══ Records for the task
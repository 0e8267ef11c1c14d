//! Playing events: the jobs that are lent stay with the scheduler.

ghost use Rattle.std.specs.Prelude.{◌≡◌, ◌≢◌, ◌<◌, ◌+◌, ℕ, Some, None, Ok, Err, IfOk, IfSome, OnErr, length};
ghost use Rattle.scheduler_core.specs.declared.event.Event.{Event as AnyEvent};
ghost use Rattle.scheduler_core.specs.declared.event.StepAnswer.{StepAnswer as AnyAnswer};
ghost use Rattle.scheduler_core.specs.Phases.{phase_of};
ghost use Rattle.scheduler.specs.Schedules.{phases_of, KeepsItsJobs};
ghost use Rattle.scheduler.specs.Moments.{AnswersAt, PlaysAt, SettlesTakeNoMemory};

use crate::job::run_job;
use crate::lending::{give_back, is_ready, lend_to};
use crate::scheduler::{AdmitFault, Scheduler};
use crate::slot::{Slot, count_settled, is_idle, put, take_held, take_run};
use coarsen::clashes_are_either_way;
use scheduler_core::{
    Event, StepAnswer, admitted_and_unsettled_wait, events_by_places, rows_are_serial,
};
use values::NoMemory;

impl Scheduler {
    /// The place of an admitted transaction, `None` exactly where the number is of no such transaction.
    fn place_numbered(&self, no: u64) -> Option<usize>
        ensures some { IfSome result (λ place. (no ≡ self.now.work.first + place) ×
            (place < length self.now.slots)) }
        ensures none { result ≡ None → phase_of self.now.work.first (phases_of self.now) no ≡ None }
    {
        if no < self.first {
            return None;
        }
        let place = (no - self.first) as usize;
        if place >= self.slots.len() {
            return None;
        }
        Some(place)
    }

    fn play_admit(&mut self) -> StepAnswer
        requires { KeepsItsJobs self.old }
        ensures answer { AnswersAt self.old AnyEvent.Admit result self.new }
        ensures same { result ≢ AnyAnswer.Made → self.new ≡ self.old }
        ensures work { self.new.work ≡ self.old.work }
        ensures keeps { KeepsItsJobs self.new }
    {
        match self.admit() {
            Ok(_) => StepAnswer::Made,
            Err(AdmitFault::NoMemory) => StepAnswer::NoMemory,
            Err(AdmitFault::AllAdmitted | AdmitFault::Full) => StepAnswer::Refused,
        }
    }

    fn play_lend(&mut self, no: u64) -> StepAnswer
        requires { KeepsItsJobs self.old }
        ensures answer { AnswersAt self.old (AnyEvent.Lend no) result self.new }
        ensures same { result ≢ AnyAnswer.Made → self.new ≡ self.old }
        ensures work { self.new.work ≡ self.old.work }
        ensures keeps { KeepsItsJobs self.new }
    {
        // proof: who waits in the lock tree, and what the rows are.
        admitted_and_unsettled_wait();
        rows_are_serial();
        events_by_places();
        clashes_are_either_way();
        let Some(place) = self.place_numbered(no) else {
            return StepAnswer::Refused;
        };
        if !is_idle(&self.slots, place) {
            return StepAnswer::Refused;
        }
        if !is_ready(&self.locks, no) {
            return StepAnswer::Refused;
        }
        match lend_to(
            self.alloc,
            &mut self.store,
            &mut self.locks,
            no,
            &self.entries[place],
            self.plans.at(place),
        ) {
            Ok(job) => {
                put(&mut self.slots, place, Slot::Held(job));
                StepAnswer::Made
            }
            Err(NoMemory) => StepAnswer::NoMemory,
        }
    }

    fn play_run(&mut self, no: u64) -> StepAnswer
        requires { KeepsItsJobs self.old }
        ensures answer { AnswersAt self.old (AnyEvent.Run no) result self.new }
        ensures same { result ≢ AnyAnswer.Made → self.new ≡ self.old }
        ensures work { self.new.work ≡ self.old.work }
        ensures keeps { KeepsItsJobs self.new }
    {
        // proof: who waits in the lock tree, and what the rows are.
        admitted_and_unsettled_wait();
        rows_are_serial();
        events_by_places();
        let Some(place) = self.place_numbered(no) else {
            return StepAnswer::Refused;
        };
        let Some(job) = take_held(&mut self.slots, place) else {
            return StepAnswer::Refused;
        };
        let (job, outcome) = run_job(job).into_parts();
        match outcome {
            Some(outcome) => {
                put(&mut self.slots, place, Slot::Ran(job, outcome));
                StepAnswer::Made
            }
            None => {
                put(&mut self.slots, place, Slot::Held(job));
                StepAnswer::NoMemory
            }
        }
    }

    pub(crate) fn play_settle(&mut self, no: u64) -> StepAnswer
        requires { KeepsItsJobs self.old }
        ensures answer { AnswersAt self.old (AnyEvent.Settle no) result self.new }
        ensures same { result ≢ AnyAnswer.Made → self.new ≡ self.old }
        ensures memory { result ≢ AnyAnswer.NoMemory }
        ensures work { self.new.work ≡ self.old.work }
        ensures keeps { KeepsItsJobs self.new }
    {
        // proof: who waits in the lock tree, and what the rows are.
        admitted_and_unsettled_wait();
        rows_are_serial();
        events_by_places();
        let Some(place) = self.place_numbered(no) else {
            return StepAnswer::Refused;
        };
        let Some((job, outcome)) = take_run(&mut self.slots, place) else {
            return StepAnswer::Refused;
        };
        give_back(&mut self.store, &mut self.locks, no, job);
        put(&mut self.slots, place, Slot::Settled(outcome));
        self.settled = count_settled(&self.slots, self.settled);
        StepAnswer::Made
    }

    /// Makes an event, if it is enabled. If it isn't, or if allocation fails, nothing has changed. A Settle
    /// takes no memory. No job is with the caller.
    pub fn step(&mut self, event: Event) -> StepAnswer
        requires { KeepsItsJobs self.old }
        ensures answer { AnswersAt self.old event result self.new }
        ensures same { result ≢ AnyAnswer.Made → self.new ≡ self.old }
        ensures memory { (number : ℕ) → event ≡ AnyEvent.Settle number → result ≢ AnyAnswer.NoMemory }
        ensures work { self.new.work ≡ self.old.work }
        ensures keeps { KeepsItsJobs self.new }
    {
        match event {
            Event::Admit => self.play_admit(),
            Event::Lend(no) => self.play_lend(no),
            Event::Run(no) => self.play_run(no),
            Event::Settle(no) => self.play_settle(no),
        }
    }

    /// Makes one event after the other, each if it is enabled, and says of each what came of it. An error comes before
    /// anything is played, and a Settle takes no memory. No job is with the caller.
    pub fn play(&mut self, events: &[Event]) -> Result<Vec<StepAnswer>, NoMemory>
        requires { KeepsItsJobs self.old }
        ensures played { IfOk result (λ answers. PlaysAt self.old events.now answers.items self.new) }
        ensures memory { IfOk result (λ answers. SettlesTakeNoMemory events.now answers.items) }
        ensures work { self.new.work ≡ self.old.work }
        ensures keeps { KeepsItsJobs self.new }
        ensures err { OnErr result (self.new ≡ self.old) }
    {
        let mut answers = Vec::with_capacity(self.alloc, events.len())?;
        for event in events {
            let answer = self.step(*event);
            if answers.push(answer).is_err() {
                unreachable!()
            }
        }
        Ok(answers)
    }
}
════
Work item: In the entries above, find each line containing the string "IfSome" and copy it.

Worked solution:
ghost use Rattle.std.specs.Prelude.{◌≡◌, ◌≢◌, ◌<◌, ◌+◌, ℕ, Some, None, Ok, Err, IfOk, IfSome, OnErr, length};
        ensures some { IfSome result (λ place. (no ≡ self.now.work.first + place) ×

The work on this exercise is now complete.